> Work instructions
Go through the entries below and return every line that contains "AreNormalModel".

> Stored data
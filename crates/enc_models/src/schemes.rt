ghost use Rattle.std.specs.Prelude.{◌≡◌, ◌<◌, ◌≤◌, ◌^◌, length, IfOk, IfErr};
ghost use Rattle.tf_core.specs.Sound.{IsSoundNormal};
ghost use Rattle.tf_core.specs.TypedTables.{AreNormalModel};
ghost use Rattle.tf_models.specs.Reading.{tables};
ghost use Rattle.fof_models.specs.Models.{AreModel};
ghost use Rattle.enc_base.specs.Counts.{most_entries};
ghost use Rattle.enc_marks.specs.declared.scheme.Scheme.{Scheme};
ghost use Rattle.enc_marks.specs.declared.choices.Binding.TheVariants.{ByTag};
ghost use Rattle.enc_marks.specs.declared.choices.Elements.TheVariants.{Image};
ghost use Rattle.enc_marks.specs.Applies.{Applies};
ghost use Rattle.enc_marks.specs.Encoded as encoding;
ghost use Rattle.enc_marks.specs.Schemes.{choices_of};
ghost use Rattle.enc_models.specs.KeepsModels.{IsMerged, IsCollapsed, IsMarkedByType};
ghost use Rattle.enc_models.specs.LiftedTables.{lifted_tables, lifted_entries, IsLiftRefused};
ghost use Rattle.enc_models.specs.Lowered.{lowered, lowered_entries, IsRefused};

use crate::to_collapsed::lower_collapsed;
use crate::to_typed::lift;
use crate::to_untyped::lower;
use enc_marks::{Choices, Encoded, Refusal};
use fof_models::Structure;
use std::alloc::Global;
use tf_core::Normal;
use tf_models::TypedStructure;

/// The untyped model that a typed model of a normal problem gives of its translation, for the
/// choices of a scheme that lowers to the merged domain.
pub fn lower_by<C: Choices>(
    alloc: Global,
    choices: &C,
    normal: &Normal,
    encoded: &Encoded,
    model: &TypedStructure,
) -> Result<Structure, Refusal>
    ghost which: { Scheme }
    requires choices { C.choices choices.now ≡ choices_of which normal.now }
    requires merged { IsMerged which }
    requires applies { Applies which normal.now }
    requires sound { IsSoundNormal normal.now }
    requires encoded { encoded.now ≡ encoding.encoded (choices_of which normal.now) normal.now }
    requires model { AreNormalModel normal.now (tables model.now) }
    requires few { length model.now.sizes < 2 ^ 32 }
    ensures model { IfOk result (AreModel encoded.now.problem) }
    ensures exact { IfOk result (λ s. s
        ≡ lowered (choices_of which normal.now) normal.now (tables model.now)) }
    ensures within { IfOk result (λ s. lowered_entries (choices_of which normal.now) normal.now
        (tables model.now) ≤ most_entries) }
    ensures refused { IfErr result
        (IsRefused (choices_of which normal.now) normal.now (tables model.now)) }
{
    lower(alloc, choices, normal, encoded, model)
}

/// The untyped model that a typed model of a normal problem gives of its translation, for the
/// choices of a scheme that lowers to the collapsed domain.
pub fn lower_collapsed_by<C: Choices>(
    alloc: Global,
    choices: &C,
    normal: &Normal,
    encoded: &Encoded,
    model: &TypedStructure,
) -> Result<Structure, Refusal>
    ghost which: { Scheme }
    requires choices { C.choices choices.now ≡ choices_of which normal.now }
    requires collapsed { IsCollapsed which }
    requires applies { Applies which normal.now }
    requires sound { IsSoundNormal normal.now }
    requires encoded { encoded.now ≡ encoding.encoded (choices_of which normal.now) normal.now }
    requires model { AreNormalModel normal.now (tables model.now) }
    requires few { length model.now.sizes < 2 ^ 32 }
    ensures model { IfOk result (AreModel encoded.now.problem) }
    ensures exact { IfOk result (λ s. s
        ≡ lowered (choices_of which normal.now) normal.now (tables model.now)) }
    ensures within { IfOk result (λ s. lowered_entries (choices_of which normal.now) normal.now
        (tables model.now) ≤ most_entries) }
    ensures refused { IfErr result
        (IsRefused (choices_of which normal.now) normal.now (tables model.now)) }
{
    lower_collapsed(alloc, choices, normal, encoded, model)
}

/// The typed model that an untyped model of a translation gives of the normal problem, for the
/// choices of a scheme.
pub fn lift_by<C: Choices>(
    alloc: Global,
    choices: &C,
    normal: &Normal,
    encoded: &Encoded,
    model: &Structure,
) -> Result<TypedStructure, Refusal>
    ghost which: { Scheme }
    requires choices { C.choices choices.now ≡ choices_of which normal.now }
    requires tagged { (C.choices choices.now).elements ≡ Image
        → (C.choices choices.now).binding ≡ ByTag }
    requires applies { Applies which normal.now }
    requires sound { IsSoundNormal normal.now }
    requires encoded { encoded.now ≡ encoding.encoded (choices_of which normal.now) normal.now }
    requires model { AreModel encoded.now.problem model.now }
    ensures model { IfOk result (λ t. AreNormalModel normal.now (tables t)) }
    ensures exact { IfOk result (λ t. tables t
        ≡ lifted_tables (choices_of which normal.now) normal.now model.now) }
    ensures within { IfOk result (λ t. lifted_entries (choices_of which normal.now) normal.now
        model.now ≤ most_entries) }
    ensures refused { IfErr result
        (IsLiftRefused (choices_of which normal.now) normal.now model.now) }
{
    lift(alloc, choices, normal, encoded, model)
}
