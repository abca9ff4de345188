ghost use Rattle.std.specs.Prelude.{◌≡◌, ◌<◌, ◌≤◌, ◌^◌, Bool, ℕ, length, IfOk};
ghost use Rattle.enc_marks.specs.Occurrence.{count_below};
ghost use Rattle.enc_models.specs.Calls.Lifting.{parts_of, members_in, picks_in, typed_in, ArePicked, AreRows, IsMarked};

use crate::marked::Marked;
use enc_base::{List, NoMemory};
use enc_marks::Choices;
use std::alloc::Global;

/// The elements of each member: how many there are, and the numbers that they stand for.
#[derive(Drop)]
pub(crate) struct Rows {
    pub sizes: List<u32>,
    pub picked: List<List<u32>>,
}

impl<C: Choices> Marked<'_, C> {
    /// The elements of each of so many members, where the domain has so many numbers.
    pub fn rows(&self, alloc: Global, members: u32, bound: u32) -> Result<Rows, NoMemory>
        requires ready { IsMarked (parts_of C.choices self.now) }
        requires members { members ≡ members_in (parts_of C.choices self.now) }
        requires bound { bound ≡ self.now.model.now.size }
        ensures few { IfOk result (λ rows. length rows.sizes < 2 ^ 32) }
        ensures domain { self.now.model.now.size < 2 ^ 32 }
        ensures sizes { IfOk result (λ rows. rows.sizes
            ≡ (typed_in (parts_of C.choices self.now)).sizes) }
        ensures each { IfOk result (λ rows. AreRows (parts_of C.choices self.now)
            (members_in (parts_of C.choices self.now)) rows.picked) }
    {
        let mut sizes = List::new(alloc);
        let mut picked = List::new(alloc);
        for member in 0..members {
            let row = self.row(alloc, member, bound)?;
            sizes.push(row.size)?;
            picked.push(row.picked)?;
        }
        Ok(Rows { sizes, picked })
    }

    /// How many elements each of so many members has. None is listed where all numbers are.
    pub fn sizes(&self, alloc: Global, members: u32, bound: u32) -> Result<List<u32>, NoMemory>
        requires ready { IsMarked (parts_of C.choices self.now) }
        requires members { members ≡ members_in (parts_of C.choices self.now) }
        requires bound { bound ≡ self.now.model.now.size }
        ensures { IfOk result (λ sizes. sizes ≡ (typed_in (parts_of C.choices self.now)).sizes) }
    {
        let mut sizes = List::new(alloc);
        for member in 0..members {
            sizes.push(self.size_of(alloc, member, bound)?)?;
        }
        Ok(sizes)
    }

    // how many elements a member has
    fn size_of(&self, alloc: Global, member: u32, bound: u32) -> Result<u32, NoMemory>
        requires ready { IsMarked (parts_of C.choices self.now) }
        requires member { member < members_in (parts_of C.choices self.now) }
        requires bound { bound ≡ self.now.model.now.size }
        ensures { IfOk result (λ size. size
            ≡ count_below bound (picks_in (parts_of C.choices self.now) member)) }
    {
        if self.picks_all(member) {
            return Ok(bound);
        }
        let row = self.row(alloc, member, bound)?;
        Ok(row.size)
    }

    // those of one member, among the numbers of the domain
    fn row(&self, alloc: Global, member: u32, bound: u32) -> Result<Row, NoMemory>
        requires ready { IsMarked (parts_of C.choices self.now) }
        requires member { member < members_in (parts_of C.choices self.now) }
        requires bound { bound ≡ self.now.model.now.size }
        ensures size { IfOk result (λ row. row.size
            ≡ count_below bound (picks_in (parts_of C.choices self.now) member)) }
        ensures picked { IfOk result (λ row. ArePicked
            (picks_in (parts_of C.choices self.now) member) bound row.picked) }
    {
        let given = self.given(alloc, member)?;
        let mut size = 0u32;
        let mut picked = List::new(alloc);
        for number in 0..bound {
            if self.picks(member, number, given.as_slice()) {
                picked.push(number)?;
                size += 1;
            }
        }
        Ok(Row { size, picked })
    }
}

// the elements of a member
#[derive(Drop)]
struct Row {
    size: u32,
    picked: List<u32>,
}

/// How many picked numbers are smaller than a number.
pub(crate) fn rank_of(picked: &[u32], number: u32) -> u32
    requires few { length picked.now < 2 ^ 32 }
    ensures { (test : ℕ → Bool) (bound : ℕ) → ArePicked test bound picked.now → number ≤ bound
        → result ≡ count_below number test }
{
    let mut low = 0usize;
    let mut high = picked.len();
    while low < high {
        let middle = low + (high - low) / 2;
        if picked[middle] < number {
            low = middle + 1;
        } else {
            high = middle;
        }
    }
    low as u32
}
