//! Which schemes keep models, as calls that do nothing.

ghost use Rattle.enc_models.specs.KeepsModels.{CollapsedSchemesLowerModels, MergedSchemesKeepModels, SchemesLiftModels};

/// `guards`, `tags` and both cover schemes keep models: the lowered tables of any model of a sound
/// normal problem are a model of its translation, and the lifted tables of any model of the
/// translation are a model of the problem.
pub fn merged_schemes_keep_models()
    ensures { MergedSchemesKeepModels }
{}

/// The lowered tables of any model of a sound normal problem are a model of its translation by
/// `args`, `erase`, a light or a feather scheme, where the scheme applies.
pub fn collapsed_schemes_lower_models()
    ensures { CollapsedSchemesLowerModels }
{}

/// The lifted tables of any model of a translation are a model of the problem, for all schemes: of
/// a sound normal problem to which the scheme applies.
pub fn schemes_lift_models()
    ensures { SchemesLiftModels }
{}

> Exercise solution
ghost use Rattle.tf_core.specs.TypedTables.{AreNormalModel};
    requires model { AreNormalModel normal.now (tables model.now) }
    requires model { AreNormalModel normal.now (tables model.now) }
    ensures model { IfOk result (λ t. AreNormalModel normal.now (tables t)) }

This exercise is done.